各車輪に対して摩擦制動を行う手段であって、ブレーキ操作に応じて液圧を発生するマスターシリンダと各車輪に設けられたホイールシリンダとの連通を遮断した状態で、前記マスターシリンダから独立した液圧供給源により前記ホイールシリンダへ液圧を供給して摩擦制動力を制御可能な摩擦制動手段と、
回生制動を行う回生制動手段と、
前記摩擦制動手段による摩擦制動と、前記回生制動手段による回生制動と、を協調して制御する協調制動を行う協調制動制御手段と、を備え、
前記協調制動制御手段による協調制動モード、あるいは、前記回生制動手段による回生制動モードから、前記摩擦制動手段による単独の摩擦制動モードへ制動モードを移行する際、前記マスターシリンダと前記ホイールシリンダとの連通を遮断した状態で摩擦制動力を制御すると共に、前記各車輪のうち少なくとも2つの車輪間で摩擦制動力に位相差を持たせ、車両減速度が大きいほど前記摩擦制動力の位相差を大きく設定したことを特徴とする。
すなわち、制動モード移行制御手段は、摩擦制動力に位相差を持たせるものであるため、ベースとなる回生制動制御に対して補正演算手段の開発および追加を必要とせず、従来技術に比べて低コストである。
また、制動モード移行制御手段は、単独の摩擦制動モードへ完全に制動モードが移行するまでは、減少させながらも回生制動モードを継続するため、初回又は所定回数目の制動時に回生が行われない従来技術に比べて燃費的に有利である。
さらに、摩擦制動の作動初期は、ロータの摩擦特性の変化等によりトルク伝達の応答遅れが生じる。このように、摩擦特性等に起因する所望の目標制動力と摩擦制動力の誤差は、回生制動モードを含む制動モード下では小さく、摩擦制動による単独制動モードでは大きく現れ、そのための摩擦制動力の誤差が大きい場合には、単独での摩擦制動モードへの移行の際に車両全体の制動力が急変し、その結果、車両の減速度が急変する。

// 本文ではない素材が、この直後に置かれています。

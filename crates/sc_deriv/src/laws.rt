//! Laws of the definitions.

ghost use Rattle.sc_deriv.specs.Laws.{AcceptsClosedTrees, RefusesFirstFailure, FailsByNodes, ClosedTreesRefute, LemmasRefute, LemmasFollow};
ghost use Rattle.sc_deriv.specs.Taking.{StepsLeadOn, StepsAdd};

use sc_rules::steps_are_sound;
use sc_terms::meanings_fit;

/// The judgement accepts exactly the lists of nodes that are one tree, in which each step applies on its path and each closing holds on its, from whichever path the tree begins.
pub fn accepts_closed_trees()
    ensures { AcceptsClosedTrees }
{}

/// Of a whole tree that is not closed the judgement names the first node in preorder that fails, and why: a step that does not apply, or a closing that does not hold.
pub fn refuses_first_failure()
    ensures first { RefusesFirstFailure }
    ensures reasons { FailsByNodes }
{}

/// No valuation that fits, and makes no lemma's hypotheses true, makes all facts true on which a closed tree begins.
pub fn closed_trees_refute()
    ensures { ClosedTreesRefute }
{
    steps_are_sound();
}

/// Where a tree is closed that begins with the roots and hypotheses, no valuation that fits makes both true, if it makes no hypotheses of the lemmas true that the tree may name; so, where those lemmas follow from the problem, no interpretation that makes the roots true makes all hypotheses true.
pub fn lemmas_follow()
    ensures valuations { LemmasRefute }
    ensures interpretations { LemmasFollow }
{
    closed_trees_refute();
    meanings_fit();
}

/// The path to which a list of steps leads is that to which the rest of the list leads from where its front led.
pub fn steps_lead_on()
    ensures { StepsLeadOn }
{}

/// Steps add to the path on which they begin; so a path to which steps lead from the root path begins with the roots' facts.
pub fn steps_add()
    ensures { StepsAdd }
{}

これに対し、単独の摩擦制動モードへモード移行する際、各車輪のうち少なくとも2つの車輪間で摩擦制動力に位相差を持たせたため、摩擦制動力の誤差が各車輪間で分散され、運転者に違和感を与える車両減速度の変動幅を小さく抑えることができる。
この結果、回生制動モードを含む制動モードから単独の摩擦制動モードへモード移行する際、低コストで燃費的に有利でありながら、運転者に違和感を与える減速度変動を小さく抑えて良好なブレーキフィーリングを達成することができる。
図1は実施例1の制動制御装置が適用されたハイブリッド車両(車両の一例)の複合ブレーキ制御システムを示す全体図、図2は実施例1の制動制御装置が適用されたハイブリッド車両の協調ブレーキ制御システムを示す制御ブロック図である。
以下、液圧ブレーキ装置、回生ブレーキ装置、協調ブレーキ制御装置について、その構成を説明する。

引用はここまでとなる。